YOUR ASSIGNMENT
Among the entries below, take the line with "TellsNothing × (connection_write_faults" and the line with "WritesWhole (connection_written S.contents", and output them and every line between them exactly, with nothing else.

MATERIAL TO PROCESS

....................

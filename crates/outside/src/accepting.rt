// Accepting of a connection, where a fault of one caller or a want of descriptors is none of the listener.
ghost use Rattle.std.specs.Prelude.{◌≡◌};
ghost use Rattle.std.specs.IoError.{raw_os_error};
ghost use Rattle.outside.specs.Accepting.{after_number, after_of};

use std::io::Error;
use std::net::OpenListener;
use std::sync::Wait;
use std::thread;
use std::time::{Clock, Duration};

// What to do where the machine gave no connection.
#[derive(Clone, Copy, Debug, PartialEq, Eq)]
pub(crate) enum AfterFault {
    // Ask again at once.
    Again,
    // Ask again after a pause, in which others may let go what is wanted.
    Pause,
    // The listener has failed.
    Tell,
}

// The machine's numbers of the errors after which it is asked again.
const EINTR: i32 = 4;

const ENFILE: i32 = 23;

const EMFILE: i32 = 24;

const EPROTO: i32 = 71;

const ECONNABORTED: i32 = 103;

// What to do at the machine's error of this number.
fn after_number(code: i32) -> AfterFault
    ensures { result ≡ after_number code }
{
    if code == EINTR || code == EPROTO || code == ECONNABORTED {
        AfterFault::Again
    } else if code == ENFILE || code == EMFILE {
        AfterFault::Pause
    } else {
        AfterFault::Tell
    }
}

// What to do at this error.
fn after_fault(error: &Error) -> AfterFault
    ensures { result ≡ after_of (raw_os_error error.now) }
{
    match error.raw_os_error() {
        Some(code) => after_number(code),
        None => AfterFault::Tell,
    }
}

// Waits for the next connection, None where the listener failed.
pub(crate) fn accepted<T: OpenListener, R: Clock + Wait>(
    rt: &R,
    listener: &T,
) -> Option<T::Stream> {
    for _ in rt.forever() {
        match listener.accept() {
            Ok((stream, _)) => return Some(stream),
            Err(error) => match after_fault(&error) {
                AfterFault::Again => {}
                AfterFault::Pause => thread::sleep(rt, Duration::from_millis(50)),
                AfterFault::Tell => return None,
            },
        }
    }
    unreachable!()
}
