// A writer of std as a sink.
ghost use Rattle.std.specs.Prelude.{◌≡◌, OnOk};
ghost use Rattle.outside.specs.Causes.{HasCause};
ghost use Rattle.outside.specs.Streams.{WritesWhole};

use crate::writing::write_whole;
use crate::{Failed, Sink};
use std::io::Write;

/// What a writer takes. Each call hands its piece to the writer before it returns, and holds nothing back. Each fault of the writer is
/// one of the sink.
#[derive(Drop)]
pub struct StreamSink<W> {
    writer: W,
    faults: u64,
}

impl<W: Write> StreamSink<W> {
    ghost use Rattle.outside.specs.Machine.{stream_written, stream_write_faults};

    /// A sink that holds what the writer holds.
    pub fn new(writer: W) -> StreamSink<W>
        ensures written { stream_written W.contents result ≡ W.contents writer }
        ensures faults { stream_write_faults result ≡ 0 }
    {
        StreamSink { writer, faults: 0 }
    }
}

impl<W: Write> Sink for StreamSink<W> {
    ghost use Rattle.outside.specs.Machine.{stream_written, stream_write_faults};

    ghost written = { stream_written W.contents };

    ghost faults = { λ s. stream_write_faults s };

    /// Writes the piece to the writer, in one call of it or more. It fails where the writer failed or took nothing.
    fn write_all_of(&mut self, piece: &[u8]) -> Result<(), Failed>
        ensures bytes { WritesWhole (stream_written W.contents self.old) (stream_written W.contents self.new) result piece.now }
        ensures cause { HasCause (stream_write_faults self.old) (stream_write_faults self.new) result }
        ensures faultless { OnOk result (stream_write_faults self.new ≡ stream_write_faults self.old) }
    {
        match write_whole(&mut self.writer, piece) {
            Ok(()) => Ok(()),
            Err(Failed) => {
                self.faults = self.faults.saturating_add(1);
                Err(Failed)
            }
        }
    }
}
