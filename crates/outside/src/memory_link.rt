// A link over bytes in memory, which fails at the calls that it is told.
ghost use Rattle.std.specs.Prelude.{◌≡◌, ◌↔◌, [], Some, None, true, false, min, length, Contains, MatchOption, IsOk, IsErr, IfOk, OnOk};
ghost use Rattle.std.specs.Io.{ReadsAtMost};
ghost use Rattle.std.specs.Io.KnownBytes.{ReadConsumes};
ghost use Rattle.outside.specs.Causes.{HasCause, next_call};
ghost use Rattle.outside.specs.Streams.{SendsWhole, StillAppends};

use crate::{Failed, Link, MemSource, Source};
use std::alloc::Global;

/// A link of known bytes, which fails at planned calls. What was written can be looked at as long as there was memory for it:
/// a piece for which there is none is lost, and nothing is told of what was written from then on, since a link that is to
/// fail nowhere fails nowhere.
#[derive(Drop)]
pub struct MemLink {
    source: MemSource,
    written: Vec<u8>,
    tells: bool,
    calls: u64,
    failing: Vec<u64>,
    faults: u64,
    closed: bool,
}

impl MemLink {
    ghost use Rattle.outside.specs.Links.{link_left, link_written, link_read_faults, link_write_faults, link_reads, link_writes, link_failing_reads, link_failing_writes, link_closed};

    /// A link that has all of `bytes` left and to which nothing was written. The lists have the numbers of the reads and of the
    /// writes that are to fail, each counted from 1, in any order.
    pub fn new(
        alloc: Global,
        bytes: Vec<u8>,
        failing_reads: Vec<u64>,
        failing_writes: Vec<u64>,
    ) -> MemLink
        ensures left { link_left result ≡ bytes.items }
        ensures written { link_written result ≡ Some [] }
        ensures faults { (link_read_faults result ≡ 0) × (link_write_faults result ≡ 0) }
        ensures calls { (link_reads result ≡ 0) × (link_writes result ≡ 0) }
        ensures failing { (link_failing_reads result ≡ failing_reads.items) × (link_failing_writes result ≡ failing_writes.items) }
        ensures closed { link_closed result ≡ false }
    {
        MemLink {
            source: MemSource::new(bytes, failing_reads),
            written: Vec::new(alloc),
            tells: true,
            calls: 0,
            failing: failing_writes,
            faults: 0,
            closed: false,
        }
    }

    /// The bytes that were written, None where there was no memory for a piece.
    pub fn written(&self) -> Option<&[u8]>
        ensures { MatchOption result (link_written self.now ≡ None) (λ bytes. link_written self.now ≡ Some bytes.now) }
    {
        if self.tells {
            Some(&self.written)
        } else {
            None
        }
    }

    // Keeps a piece; where there is no memory for it, what was written isn't told any more.
    fn keep(&mut self, piece: &[u8])
        ensures bytes { StillAppends (link_written self.old) (link_written self.new) piece.now }
        ensures others { (self.new.source ≡ self.old.source) × (self.new.calls ≡ self.old.calls) × (self.new.failing ≡ self.old.failing) × (self.new.faults ≡ self.old.faults) × (self.new.closed ≡ self.old.closed) }
    {
        if self.written.extend_from_slice(piece).is_err() {
            self.tells = false;
        }
    }

    /// Whether it was closed.
    pub fn is_closed(&self) -> bool
        ensures { result ≡ link_closed self.now }
    {
        self.closed
    }
}

impl Link for MemLink {
    ghost use Rattle.outside.specs.Links.{link_left, link_written, link_read_faults, link_write_faults, link_firm, link_reads, link_writes, link_failing_reads, link_failing_writes, link_closed};

    ghost left = { λ l. Some (link_left l) };

    ghost written = { λ l. link_written l };

    ghost read_faults = { λ l. link_read_faults l };

    ghost write_faults = { λ l. link_write_faults l };

    ghost firm = { λ l. link_firm l };

    /// Fails exactly at the planned reads, and gives as many bytes as there are room for and left at each other one.
    fn read(&mut self, to: &mut [u8]) -> Result<usize, Failed>
        ensures bound { ReadsAtMost result to.new }
        ensures bytes { ReadConsumes (Some (link_left self.old)) (Some (link_left self.new)) result to.new }
        ensures cause { HasCause (link_read_faults self.old) (link_read_faults self.new) result }
        ensures other { (link_written self.new ≡ link_written self.old) × (link_write_faults self.new ≡ link_write_faults self.old) }
        ensures firm { (link_firm self.new ≡ link_firm self.old) × (link_firm self.old ≡ true → IsOk result) }
        ensures faultless { OnOk result (link_read_faults self.new ≡ link_read_faults self.old) }
        ensures count { IfOk result (λ n. n ≡ min (length to.new) (length (link_left self.old))) }

        // The plan: a read fails where its number is listed, and nowhere else.
        ensures planned { IsErr result
            ↔ Contains (link_failing_reads self.old) (next_call (link_reads self.old)) }
        ensures counted { link_reads self.new ≡ next_call (link_reads self.old) }
        ensures kept { (link_failing_reads self.new ≡ link_failing_reads self.old) × (link_failing_writes self.new ≡ link_failing_writes self.old) }
        ensures writes { link_writes self.new ≡ link_writes self.old }
        ensures open { link_closed self.new ≡ link_closed self.old }
    {
        self.source.read(to)
    }

    /// Fails exactly at the planned writes, where the first half of the piece is written.
    fn write_all_of(&mut self, piece: &[u8]) -> Result<(), Failed>
        ensures bytes { SendsWhole (link_written self.old) (link_written self.new) result piece.now }
        ensures cause { HasCause (link_write_faults self.old) (link_write_faults self.new) result }
        ensures other { (link_left self.new ≡ link_left self.old) × (link_read_faults self.new ≡ link_read_faults self.old) }
        ensures firm { (link_firm self.new ≡ link_firm self.old) × (link_firm self.old ≡ true → IsOk result) }
        ensures faultless { OnOk result (link_write_faults self.new ≡ link_write_faults self.old) }

        // The plan: a write fails where its number is listed, and nowhere else.
        ensures planned { IsErr result
            ↔ Contains (link_failing_writes self.old) (next_call (link_writes self.old)) }
        ensures counted { link_writes self.new ≡ next_call (link_writes self.old) }
        ensures kept { (link_failing_reads self.new ≡ link_failing_reads self.old) × (link_failing_writes self.new ≡ link_failing_writes self.old) }
        ensures reads { link_reads self.new ≡ link_reads self.old }
        ensures open { link_closed self.new ≡ link_closed self.old }
    {
        self.calls = self.calls.saturating_add(1);
        if self.failing.contains(&self.calls) {
            self.faults = self.faults.saturating_add(1);
            self.keep(&piece[..piece.len() / 2]);
            return Err(Failed);
        }
        self.keep(piece);
        Ok(())
    }

    /// From now on it tells that it was closed. Nothing else changes.
    fn close(&mut self)
        ensures bytes { (link_left self.new ≡ link_left self.old) × (link_written self.new ≡ link_written self.old) }
        ensures counts { (link_read_faults self.new ≡ link_read_faults self.old) × (link_write_faults self.new ≡ link_write_faults self.old) }
        ensures firm { link_firm self.new ≡ link_firm self.old }
        ensures calls { (link_reads self.new ≡ link_reads self.old) × (link_writes self.new ≡ link_writes self.old) }
        ensures kept { (link_failing_reads self.new ≡ link_failing_reads self.old) × (link_failing_writes self.new ≡ link_failing_writes self.old) }
        ensures closed { link_closed self.new ≡ true }
    {
        self.closed = true;
    }
}
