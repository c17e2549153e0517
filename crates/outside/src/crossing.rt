// What may go to another thread, and what threads may share: laws with bodies that do nothing when they run.
use crate::{PauseGate, TcpDoor, TcpLink, WallClock};
use std::time::Clock;

fn is_send<T: Send>() {}

fn is_sync<T: Sync>() {}

/// A TCP link and a TCP listener may go to another thread, where threads may share the runtime.
pub fn tcp_is_send<'a, R: Sync>(_rt: &'a R) {
    is_send::<TcpLink<'a, R>>();
    is_send::<TcpDoor<'a, R>>();
}

/// The machine's clock may go to another thread, and threads may share its gate, where they may share the runtime.
pub fn clock_and_gate_cross<'a, R: Clock + Sync>(_rt: &'a R) {
    is_send::<WallClock<'a, R>>();
    is_sync::<PauseGate<'a, R>>();
}
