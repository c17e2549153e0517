// The ends of the machine: a file, standard input and standard output.
ghost use Rattle.std.specs.Prelude.{◌≡◌, IfOk};
ghost use Rattle.outside.specs.Machine.{stream_read_faults, stream_write_faults};

use crate::{StreamSink, StreamSource};
use std::alloc::{AllocError, Global};
use std::fs::File;
use std::io;
use std::io::{Input, Print, Printer};
use std::rt::Files;

/// The file at this path, read from its start. Where it can't be opened, each read fails and counts.
pub fn file_source<R: Files>(
    alloc: Global,
    rt: &R,
    path: &str,
) -> Result<StreamSource<R::File>, AllocError>
    ensures { IfOk result (λ s. stream_read_faults s ≡ 0) }
{
    match File::open(rt, path) {
        Ok(file) => StreamSource::new(alloc, file),
        Err(_) => Ok(StreamSource::without_reader()),
    }
}

/// The process's standard input. A process makes only one, since each reads ahead for itself.
pub fn std_source<R: Input>(alloc: Global, rt: &R) -> Result<StreamSource<R::Reader>, AllocError>
    ensures { IfOk result (λ s. stream_read_faults s ≡ 0) }
{
    StreamSource::new(alloc, rt.reader())
}

/// The process's standard output. Each write costs a call of the system, or more where that takes a piece in parts.
pub fn std_sink<R: Print>(rt: &R) -> StreamSink<Printer<'_, R>>
    ensures { stream_write_faults result ≡ 0 }
{
    StreamSink::new(io::writer(rt))
}
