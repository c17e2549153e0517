// A connection of std as a link.
ghost use Rattle.std.specs.Prelude.{◌≡◌, None, true, false, IsNone, IfSome, IsOk, IsErr, OnOk};
ghost use Rattle.std.specs.Io.{ReadsAtMost};
ghost use Rattle.std.specs.Io.KnownBytes.{ReadConsumes};
ghost use Rattle.outside.specs.Causes.{HasCause};
ghost use Rattle.outside.specs.Streams.{SendsWhole, WritesWhole};

use crate::drain::drain;
use crate::reading::read_some;
use crate::writing::write_whole;
use crate::{Failed, Link};
use std::io;
use std::io::{Read, Write};
use std::net::{OpenStream, Shutdown, TcpStream};
use std::time::{Clock, Duration};

/// A connection with no delay of small pieces, and with time-outs: a read or a write that waits longer fails and counts, and nothing else
/// ends a link that says nothing. As a link it tells no bytes, since std doesn't say that a call on one side of a connection leaves the other as it was. What a call does to the bytes of its
/// own side, where the connection tells them, is in the clauses `taken` and `sent`.
#[derive(Drop)]
pub struct StreamLink<'a, S, R> {
    rt: &'a R,
    // None where the machine refused one of the settings, and where it was closed.
    stream: Option<S>,
    read_faults: u64,
    write_faults: u64,
}

/// A TCP connection as a link.
pub type TcpLink<'a, R> = StreamLink<'a, TcpStream, R>;

// Sets what a link needs of a connection.
fn set<S: OpenStream>(stream: &S, longest: Duration) -> io::Result<()> {
    stream.set_nodelay(true)?;
    stream.set_read_timeout(Some(longest))?;
    stream.set_write_timeout(Some(longest))
}

impl<'a, S: Read + Write + OpenStream + Drop, R> StreamLink<'a, S, R> {
    ghost use Rattle.outside.specs.Machine.{connection, connection_read_faults, connection_write_faults};

    /// A link over the connection, whose close reads the clock of this runtime. `longest` is how long a read or a write may wait, above 0. Where the machine refuses a setting,
    /// the connection is let go, and each read and write fails and counts.
    pub fn over(rt: &'a R, stream: S, longest: Duration) -> StreamLink<'a, S, R>
        ensures faults { (connection_read_faults result ≡ 0) × (connection_write_faults result ≡ 0) }
        ensures same { IfSome (connection result) (λ s. s ≡ stream) }
    {
        let stream = set(&stream, longest).ok().map(|()| stream);
        StreamLink {
            rt,
            stream,
            read_faults: 0,
            write_faults: 0,
        }
    }
}

impl<S: Read + Write + OpenStream + Drop, R: Clock> Link for StreamLink<'_, S, R> {
    ghost use Rattle.outside.specs.Machine.{TellsNothing, connection_left, connection_written, connection, connection_read_faults, connection_write_faults};

    ghost left = { λ _. None };

    ghost written = { λ _. None };

    ghost read_faults = { λ l. connection_read_faults l };

    ghost write_faults = { λ l. connection_write_faults l };

    ghost firm = { λ _. false };

    /// Gives the bytes that the connection gives. It fails where the connection failed; a signal doesn't end it, unless it cuts off
    /// 64 reads in a row.
    fn read(&mut self, to: &mut [u8]) -> Result<usize, Failed>
        ensures bound { ReadsAtMost result to.new }
        ensures bytes { ReadConsumes None None result to.new }
        ensures cause { HasCause (connection_read_faults self.old) (connection_read_faults self.new) result }
        ensures other { TellsNothing × (connection_write_faults self.new ≡ connection_write_faults self.old) }
        ensures firm { (false ≡ false) × (false ≡ true → IsOk result) }
        ensures taken { ReadConsumes (connection_left S.remaining self.old) (connection_left S.remaining self.new) result to.new }
        ensures faultless { OnOk result (connection_read_faults self.new ≡ connection_read_faults self.old) }
        ensures none { IsNone (connection self.old) → IsErr result }
    {
        if let Some(stream) = &mut self.stream {
            if let Ok(count) = read_some(stream, to) {
                return Ok(count);
            }
        }
        self.read_faults = self.read_faults.saturating_add(1);
        Err(Failed)
    }

    /// Writes the piece to the connection. It fails where the connection failed or took nothing; a signal doesn't end it, unless it cuts
    /// off 64 writes in a row.
    fn write_all_of(&mut self, piece: &[u8]) -> Result<(), Failed>
        ensures bytes { SendsWhole None None result piece.now }
        ensures cause { HasCause (connection_write_faults self.old) (connection_write_faults self.new) result }
        ensures other { TellsNothing × (connection_read_faults self.new ≡ connection_read_faults self.old) }
        ensures firm { (false ≡ false) × (false ≡ true → IsOk result) }
        ensures sent { WritesWhole (connection_written S.contents self.old) (connection_written S.contents self.new) result piece.now }
        ensures faultless { OnOk result (connection_write_faults self.new ≡ connection_write_faults self.old) }
        ensures none { IsNone (connection self.old) → IsErr result }
    {
        if let Some(stream) = &mut self.stream {
            if write_whole(stream, piece).is_ok() {
                return Ok(());
            }
        }
        self.write_faults = self.write_faults.saturating_add(1);
        Err(Failed)
    }

    /// Ends the writing side, then reads and drops what the other end still sends, up to 1 MiB and for up to 2 seconds, and lets the
    /// connection go. So the other end reads all that was written to it, where it ends its side or stops sending within these limits: the
    /// machine would reset a connection that is let go with bytes unread. Each later read and write fails and counts.
    fn close(&mut self)
        ensures bytes { TellsNothing × TellsNothing }
        ensures counts { (connection_read_faults self.new ≡ connection_read_faults self.old) × (connection_write_faults self.new ≡ connection_write_faults self.old) }
        ensures firm { false ≡ false }
        ensures closed { IsNone (connection self.new) }
    {
        if let Some(mut stream) = self.stream.take() {
            if stream.shutdown(Shutdown::Write).is_ok() {
                let _ = drain(&mut stream, self.rt);
            }
        }
    }
}
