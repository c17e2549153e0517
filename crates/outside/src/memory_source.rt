// A source over bytes in memory, which fails at the calls that it is told.
ghost use Rattle.std.specs.Prelude.{◌≡◌, ◌≤◌, ◌↔◌, drop, length, min, Some, vec_len, Contains, IsErr, IfOk, OnOk};
ghost use Rattle.std.specs.Io.{ReadsAtMost};
ghost use Rattle.std.specs.Io.KnownBytes.{ReadConsumes};
ghost use Rattle.outside.specs.Causes.{HasCause, next_call};

use crate::{Failed, Source};

/// A source of known bytes that fails at planned calls.
#[derive(Drop)]
pub struct MemSource {
    bytes: Vec<u8>,
    at: usize,
    calls: u64,
    failing: Vec<u64>,
    faults: u64,
    ghost within: { at ≤ vec_len bytes },
}

impl MemSource {
    ghost use Rattle.outside.specs.Memory.{source_left, source_faults, source_calls, source_failing};

    /// A source that has all of `bytes` left. `failing` lists the numbers of the calls of `read` that are to fail,
    /// counted from 1, in any order; a number of no call, as 0, is never met.
    pub fn new(bytes: Vec<u8>, failing: Vec<u64>) -> Self
        ensures left { source_left result ≡ bytes.items }
        ensures faults { source_faults result ≡ 0 }
        ensures calls { source_calls result ≡ 0 }
        ensures failing { source_failing result ≡ failing.items }
    {
        MemSource {
            bytes,
            at: 0,
            calls: 0,
            failing,
            faults: 0,
        }
    }

    /// The bytes that are left.
    pub fn left(&self) -> &[u8]
        ensures { result.now ≡ source_left self.now }
    {
        &self.bytes[self.at..]
    }
}

impl Source for MemSource {
    ghost use Rattle.outside.specs.Memory.{source_left, source_faults, source_calls, source_failing};

    ghost left = { λ s. Some (source_left s) };

    ghost faults = { λ s. source_faults s };

    /// Fails exactly at the planned calls, and gives as many bytes as there are room for and left at each other one.
    fn read(&mut self, to: &mut [u8]) -> Result<usize, Failed>
        ensures bound { ReadsAtMost result to.new }
        ensures bytes { ReadConsumes (Some (source_left self.old)) (Some (source_left self.new)) result to.new }
        ensures cause { HasCause (source_faults self.old) (source_faults self.new) result }
        ensures faultless { OnOk result (source_faults self.new ≡ source_faults self.old) }
        ensures count { IfOk result (λ n. n ≡ min (length to.new) (length (source_left self.old))) }

        // The plan: a call fails where its number is listed, and nowhere else.
        ensures planned { IsErr result
            ↔ Contains (source_failing self.old) (next_call (source_calls self.old)) }
        ensures counted { source_calls self.new ≡ next_call (source_calls self.old) }
        ensures kept { source_failing self.new ≡ source_failing self.old }
    {
        self.calls = self.calls.saturating_add(1);
        if self.failing.contains(&self.calls) {
            self.faults = self.faults.saturating_add(1);
            return Err(Failed);
        }
        let count = to.len().min(self.bytes.len() - self.at);
        to[..count].copy_from_slice(&self.bytes[self.at..self.at + count]);
        self.at += count;
        Ok(count)
    }
}
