// Reading of what a reader has. std's own `read` says where a signal cut it off, and leaves the trying again to its caller.
ghost use Rattle.std.specs.Io.{ReadsAtMost};
ghost use Rattle.std.specs.Io.KnownBytes.{ReadConsumes};

use crate::Failed;
use std::io::{ErrorKind, Read};

// How often a signal may cut off one read.
const TRIES: usize = 64;

// One read. It is tried again where a signal cut it off, as where a program that was stopped goes on (SIGCONT).
pub(crate) fn read_some<R: Read>(from: &mut R, to: &mut [u8]) -> Result<usize, Failed>
    ensures bound { ReadsAtMost result to.new }
    ensures bytes { ReadConsumes (R.remaining from.old) (R.remaining from.new) result to.new }
{
    for _ in 0..TRIES {
        match from.read(to) {
            Ok(count) => return Ok(count),
            Err(error) => {
                if error.kind() != ErrorKind::Interrupted {
                    return Err(Failed);
                }
            }
        }
    }
    Err(Failed)
}
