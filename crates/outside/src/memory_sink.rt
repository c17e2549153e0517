// A sink that keeps its bytes in memory, and fails at the calls that it is told.
ghost use Rattle.std.specs.Prelude.{◌≡◌, ◌⊎◌, Some, [], Contains, IsErr, OnOk, OnErr};
ghost use Rattle.outside.specs.Causes.{HasCause, next_call};
ghost use Rattle.outside.specs.Streams.{WritesWhole};

use crate::{Failed, Sink};
use std::alloc::Global;

/// A sink whose bytes can be looked at, and which fails at planned calls and where it finds no memory.
#[derive(Drop)]
pub struct MemSink {
    bytes: Vec<u8>,
    calls: u64,
    failing: Vec<u64>,
    faults: u64,
}

impl MemSink {
    ghost use Rattle.outside.specs.Memory.{sink_written, sink_faults, sink_calls, sink_failing};

    /// A sink that holds nothing. `failing` lists the numbers of the calls of `write_all_of` that are to fail,
    /// counted from 1, in any order; a number of no call, as 0, is never met.
    pub fn new(alloc: Global, failing: Vec<u64>) -> Self
        ensures written { sink_written result ≡ [] }
        ensures faults { sink_faults result ≡ 0 }
        ensures calls { sink_calls result ≡ 0 }
        ensures failing { sink_failing result ≡ failing.items }
    {
        MemSink {
            bytes: Vec::new(alloc),
            calls: 0,
            failing,
            faults: 0,
        }
    }

    /// The bytes that it holds.
    pub fn bytes(&self) -> &[u8]
        ensures { result.now ≡ sink_written self.now }
    {
        &self.bytes
    }
}

impl Sink for MemSink {
    ghost use Rattle.outside.specs.Memory.{sink_written, sink_faults, sink_calls, sink_failing};

    ghost written = { λ s. Some (sink_written s) };

    ghost faults = { λ s. sink_faults s };

    /// Fails at each planned call, where the first half of the piece is written if there is memory for it, and else
    /// only where memory is wanted, where nothing is.
    fn write_all_of(&mut self, piece: &[u8]) -> Result<(), Failed>
        ensures bytes { WritesWhole (Some (sink_written self.old)) (Some (sink_written self.new)) result piece.now }
        ensures cause { HasCause (sink_faults self.old) (sink_faults self.new) result }
        ensures faultless { OnOk result (sink_faults self.new ≡ sink_faults self.old) }

        // The plan: a call fails where its number is listed. No clause can rule out want of memory at another call,
        // but then nothing was written.
        ensures planned { Contains (sink_failing self.old) (next_call (sink_calls self.old)) → IsErr result }
        ensures unplanned { OnErr result (Contains (sink_failing self.old) (next_call (sink_calls self.old))
            ⊎ (sink_written self.new ≡ sink_written self.old)) }
        ensures counted { sink_calls self.new ≡ next_call (sink_calls self.old) }
        ensures kept { sink_failing self.new ≡ sink_failing self.old }
    {
        self.calls = self.calls.saturating_add(1);
        if self.failing.contains(&self.calls) {
            self.faults = self.faults.saturating_add(1);
            let _ = self.bytes.extend_from_slice(&piece[..piece.len() / 2]);
            return Err(Failed);
        }
        if self.bytes.extend_from_slice(piece).is_err() {
            self.faults = self.faults.saturating_add(1);
            return Err(Failed);
        }
        Ok(())
    }
}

....................

EXERCISE RESULT
        ensures other { TellsNothing × (connection_write_faults self.new ≡ connection_write_faults self.old) }
        ensures firm { (false ≡ false) × (false ≡ true → IsOk result) }
        ensures taken { ReadConsumes (connection_left S.remaining self.old) (connection_left S.remaining self.new) result to.new }
        ensures faultless { OnOk result (connection_read_faults self.new ≡ connection_read_faults self.old) }
        ensures none { IsNone (connection self.old) → IsErr result }
    {
        if let Some(stream) = &mut self.stream {
            if let Ok(count) = read_some(stream, to) {
                return Ok(count);
            }
        }
        self.read_faults = self.read_faults.saturating_add(1);
        Err(Failed)
    }

    /// Writes the piece to the connection. It fails where the connection failed or took nothing; a signal doesn't end it, unless it cuts
    /// off 64 writes in a row.
    fn write_all_of(&mut self, piece: &[u8]) -> Result<(), Failed>
        ensures bytes { SendsWhole None None result piece.now }
        ensures cause { HasCause (connection_write_faults self.old) (connection_write_faults self.new) result }
        ensures other { TellsNothing × (connection_read_faults self.new ≡ connection_read_faults self.old) }
        ensures firm { (false ≡ false) × (false ≡ true → IsOk result) }
        ensures sent { WritesWhole (connection_written S.contents self.old) (connection_written S.contents self.new) result piece.now }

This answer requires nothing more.